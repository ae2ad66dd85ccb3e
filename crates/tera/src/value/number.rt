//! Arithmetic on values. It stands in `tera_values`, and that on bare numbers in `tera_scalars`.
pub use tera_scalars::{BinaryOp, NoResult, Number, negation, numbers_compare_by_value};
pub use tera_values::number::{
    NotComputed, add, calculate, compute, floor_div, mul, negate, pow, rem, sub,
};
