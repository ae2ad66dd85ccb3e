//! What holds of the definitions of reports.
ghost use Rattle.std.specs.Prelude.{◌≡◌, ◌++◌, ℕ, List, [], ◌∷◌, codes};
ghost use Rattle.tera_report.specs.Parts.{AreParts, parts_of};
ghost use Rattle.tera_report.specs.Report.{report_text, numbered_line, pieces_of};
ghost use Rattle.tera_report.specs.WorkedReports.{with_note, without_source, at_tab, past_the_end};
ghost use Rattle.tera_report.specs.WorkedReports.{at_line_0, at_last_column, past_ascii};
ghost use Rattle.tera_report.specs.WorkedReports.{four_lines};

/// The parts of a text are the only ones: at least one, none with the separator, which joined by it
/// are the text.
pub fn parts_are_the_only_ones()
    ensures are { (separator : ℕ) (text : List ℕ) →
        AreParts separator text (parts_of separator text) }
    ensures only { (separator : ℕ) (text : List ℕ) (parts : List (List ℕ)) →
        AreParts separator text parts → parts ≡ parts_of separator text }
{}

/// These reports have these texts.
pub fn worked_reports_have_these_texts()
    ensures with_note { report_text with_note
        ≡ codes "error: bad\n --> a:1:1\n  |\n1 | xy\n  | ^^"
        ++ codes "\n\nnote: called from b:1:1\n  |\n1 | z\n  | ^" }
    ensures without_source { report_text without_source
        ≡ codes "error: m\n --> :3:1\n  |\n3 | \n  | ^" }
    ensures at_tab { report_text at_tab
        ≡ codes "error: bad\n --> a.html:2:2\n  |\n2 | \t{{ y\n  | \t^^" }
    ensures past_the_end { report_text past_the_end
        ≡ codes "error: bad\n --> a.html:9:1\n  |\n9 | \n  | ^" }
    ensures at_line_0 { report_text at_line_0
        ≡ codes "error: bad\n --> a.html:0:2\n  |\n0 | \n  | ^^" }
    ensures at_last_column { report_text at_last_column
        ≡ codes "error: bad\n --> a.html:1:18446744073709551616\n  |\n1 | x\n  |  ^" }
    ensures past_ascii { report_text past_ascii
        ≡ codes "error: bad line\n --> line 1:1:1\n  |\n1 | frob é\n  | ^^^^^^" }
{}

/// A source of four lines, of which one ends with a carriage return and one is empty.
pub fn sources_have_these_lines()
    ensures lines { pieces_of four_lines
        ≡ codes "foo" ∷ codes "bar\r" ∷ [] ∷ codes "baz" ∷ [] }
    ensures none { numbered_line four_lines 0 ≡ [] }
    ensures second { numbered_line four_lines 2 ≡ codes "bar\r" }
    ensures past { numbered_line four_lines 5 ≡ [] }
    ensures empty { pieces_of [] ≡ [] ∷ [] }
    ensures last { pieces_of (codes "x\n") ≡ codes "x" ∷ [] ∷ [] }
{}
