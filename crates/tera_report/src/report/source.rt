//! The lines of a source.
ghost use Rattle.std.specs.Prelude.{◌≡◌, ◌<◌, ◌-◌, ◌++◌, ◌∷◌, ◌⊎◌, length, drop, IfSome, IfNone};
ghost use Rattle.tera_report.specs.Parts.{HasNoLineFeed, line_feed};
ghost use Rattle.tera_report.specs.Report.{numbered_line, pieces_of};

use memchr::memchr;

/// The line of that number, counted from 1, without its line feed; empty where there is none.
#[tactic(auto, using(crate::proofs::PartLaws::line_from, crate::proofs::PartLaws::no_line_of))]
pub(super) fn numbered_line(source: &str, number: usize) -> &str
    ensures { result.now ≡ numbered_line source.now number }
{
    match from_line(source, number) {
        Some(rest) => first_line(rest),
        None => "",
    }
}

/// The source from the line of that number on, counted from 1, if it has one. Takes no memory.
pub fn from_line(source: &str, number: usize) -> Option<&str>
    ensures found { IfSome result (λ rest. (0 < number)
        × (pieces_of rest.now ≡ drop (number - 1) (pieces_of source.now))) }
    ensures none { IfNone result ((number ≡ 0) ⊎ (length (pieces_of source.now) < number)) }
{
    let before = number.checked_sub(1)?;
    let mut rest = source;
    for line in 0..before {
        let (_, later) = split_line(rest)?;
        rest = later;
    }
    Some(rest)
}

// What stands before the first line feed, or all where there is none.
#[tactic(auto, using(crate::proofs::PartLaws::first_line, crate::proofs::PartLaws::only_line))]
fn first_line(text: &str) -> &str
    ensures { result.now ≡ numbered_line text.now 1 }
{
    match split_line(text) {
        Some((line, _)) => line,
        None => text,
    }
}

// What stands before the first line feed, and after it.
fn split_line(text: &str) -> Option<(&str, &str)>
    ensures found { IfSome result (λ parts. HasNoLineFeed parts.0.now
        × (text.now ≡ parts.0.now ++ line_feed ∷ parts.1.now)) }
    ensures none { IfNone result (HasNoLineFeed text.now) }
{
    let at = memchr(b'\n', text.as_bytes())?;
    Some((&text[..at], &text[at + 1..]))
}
◇ ◇ ◇
◆ EXERCISE INSTRUCTIONS:
What must be transcribed is the run of lines from the one containing "and after it." to the last line of the data above, inclusive, and only that.

◆ ANSWER:
// What stands before the first line feed, and after it.
fn split_line(text: &str) -> Option<(&str, &str)>
    ensures found { IfSome result (λ parts. HasNoLineFeed parts.0.now
        × (text.now ≡ parts.0.now ++ line_feed ∷ parts.1.now)) }
    ensures none { IfNone result (HasNoLineFeed text.now) }
{
    let at = memchr(b'\n', text.as_bytes())?;
    Some((&text[..at], &text[at + 1..]))
}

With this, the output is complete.